• **Instructions for the task**: Report every line of the records that includes the word "length".

····················

ghost use Rattle.std.specs.Prelude.{◌≡◌, ◌≤◌, length, map, option_to_list};
ghost use Rattle.std.specs.Option.{option_map};
ghost use Rattle.s7_cli.specs.Command.{InputFile, limit_of, live_inputs, program_inputs, script_inputs, symbols_inputs};
ghost use Rattle.s7_cli.specs.Inner.{AllRead, FileRead, FileWritten};
ghost use Rattle.s7_cli.specs.LiveTexts.{live_contents};
ghost use Rattle.s7_cli.specs.Reading.{disk_moments};
ghost use Rattle.s7_cli.specs.Texts.{file_contents_of, symbols_text_of};

use crate::failures::{Failure, File};
use crate::lists::add;
use plc_io::{Files, IoFault, read_to_limit};
use std::alloc::Global;
use stl_lexer::SOURCE_LIMIT;
use stl_symbols::SYMBOLS_LIMIT;

/// The most bytes of an image.
const IMAGE_LIMIT: usize = 8_388_608;

/// The most bytes of a history, and of stimuli.
const HISTORY_LIMIT: usize = 4_194_304;

/// The most bytes of the file of a watch's variables.
const VARS_LIMIT: usize = 1_048_576;

/// The most bytes of a script.
const SCRIPT_LIMIT: usize = 1_048_576;

/// The most bytes of a certificate.
const CERTIFICATE_LIMIT: usize = 1_048_576;

/// What the files of a program hold.
#[derive(Drop)]
pub struct ProgramText {
    /// The source.
    pub source: Vec<u8>,
    /// The symbols file, if there is one.
    pub symbols: Option<Vec<u8>>,
}

impl ProgramText {
    /// The bytes of the symbols file; none where there is no file.
    pub fn symbols(&self) -> &[u8]
        ensures { result.now ≡ symbols_text_of self.now }
    {
        match &self.symbols {
            Some(bytes) => bytes.as_slice(),
            None => &[],
        }
    }
}

/// What the files of a live run hold.
#[derive(Drop)]
pub struct LiveText {
    /// The image.
    pub image: Vec<u8>,
    /// What the feeder makes.
    pub stimuli: Vec<u8>,
    /// What the operators ask, in their order.
    pub scripts: Vec<Vec<u8>>,
}

/// The most bytes that a file may hold.
pub(crate) fn limit_of(file: File) -> usize
    ensures { result ≡ limit_of file }
{
    match file {
        File::Source | File::Translation | File::Listing => SOURCE_LIMIT,
        File::Symbols => SYMBOLS_LIMIT,
        File::Image => IMAGE_LIMIT,
        File::History | File::Stimuli => HISTORY_LIMIT,
        File::Vars => VARS_LIMIT,
        File::Script { .. } => SCRIPT_LIMIT,
        File::Certificate => CERTIFICATE_LIMIT,
    }
}

/// Reads an input file whole. A failed read goes before a length past the limit.
pub fn read_file<F: Files>(
    alloc: Global,
    files: &mut F,
    file: File,
    name: &str,
) -> Result<Vec<u8>, Failure>
    ensures { let input : InputFile = record { file = file; name = name.now } in
        FileRead (λ v. v.items) (disk_moments (F.shown files.old) (F.shown files.new)) input
        result }
{
    let limit = limit_of(file);
    match read_to_limit(alloc, files, name, limit) {
        Ok(bytes) if bytes.len() <= limit => Ok(bytes),
        Ok(_) => Err(Failure::TooLong { file }),
        Err(IoFault::Failed) => Err(Failure::ReadFault),
        Err(IoFault::NoMemory) => Err(Failure::NoMemory),
    }
}

/// Reads the symbols file whole, if there is one.
fn read_symbols_file<F: Files>(
    alloc: Global,
    files: &mut F,
    symbols: Option<&str>,
) -> Result<Option<Vec<u8>>, Failure>
    ensures { AllRead (λ o. option_to_list (option_map (λ v. v.items) o))
        (disk_moments (F.shown files.old) (F.shown files.new))
        (symbols_inputs (option_map (λ s. s.now) symbols.entry)) result }
{
    match symbols {
        Some(name) => Ok(Some(read_file(alloc, files, File::Symbols, name)?)),
        None => Ok(None),
    }
}

/// Reads a source whole, and then its symbols file, if there is one.
pub fn read_program<F: Files>(
    alloc: Global,
    files: &mut F,
    source: &str,
    symbols: Option<&str>,
) -> Result<ProgramText, Failure>
    ensures { AllRead file_contents_of (disk_moments (F.shown files.old) (F.shown files.new))
        (program_inputs source.now (option_map (λ s. s.now) symbols.entry)) result }
{
    let source = read_file(alloc, files, File::Source, source)?;
    let symbols = read_symbols_file(alloc, files, symbols)?;
    Ok(ProgramText { source, symbols })
}

/// Reads the scripts of operators whole, one after the other.
pub fn read_scripts<F: Files>(
    alloc: Global,
    files: &mut F,
    names: &[&str],
) -> Result<Vec<Vec<u8>>, Failure>
    requires { length names.now ≤ 4 }
    ensures { AllRead (λ v. map (λ w. w.items) v.items)
        (disk_moments (F.shown files.old) (F.shown files.new))
        (script_inputs 1 (map (λ s. s.now) names.now)) result }
{
    let mut scripts = Vec::new(alloc);
    for (place, name) in names.iter().enumerate() {
        let number = place as u8 + 1;
        let script = read_file(alloc, files, File::Script { number }, name)?;
        add(&mut scripts, script)?;
    }
    Ok(scripts)
}

/// Reads an image whole, then stimuli, and then the scripts in their order.
pub fn read_live<F: Files>(
    alloc: Global,
    files: &mut F,
    image: &str,
    stimuli: &str,
    scripts: &[&str],
) -> Result<LiveText, Failure>
    requires { length scripts.now ≤ 4 }
    ensures { AllRead live_contents (disk_moments (F.shown files.old) (F.shown files.new))
        (live_inputs image.now stimuli.now (map (λ s. s.now) scripts.now)) result }
{
    let image = read_file(alloc, files, File::Image, image)?;
    let stimuli = read_file(alloc, files, File::Stimuli, stimuli)?;
    let scripts = read_scripts(alloc, files, scripts)?;
    Ok(LiveText {
        image,
        stimuli,
        scripts,
    })
}

/// Makes bytes the whole contents of an output file.
pub fn write_file<F: Files>(files: &mut F, name: &str, bytes: &[u8]) -> Result<(), Failure>
    ensures { FileWritten (disk_moments (F.shown files.old) (F.shown files.new)) name.now bytes.now
        result }
{
    match files.write_whole(name, bytes) {
        Ok(()) => Ok(()),
        Err(IoFault::Failed) => Err(Failure::WriteFault),
        Err(IoFault::NoMemory) => Err(Failure::NoMemory),
    }
}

····················

• **Task response**:
ghost use Rattle.std.specs.Prelude.{◌≡◌, ◌≤◌, length, map, option_to_list};
/// Reads an input file whole. A failed read goes before a length past the limit.
    requires { length names.now ≤ 4 }
    requires { length scripts.now ≤ 4 }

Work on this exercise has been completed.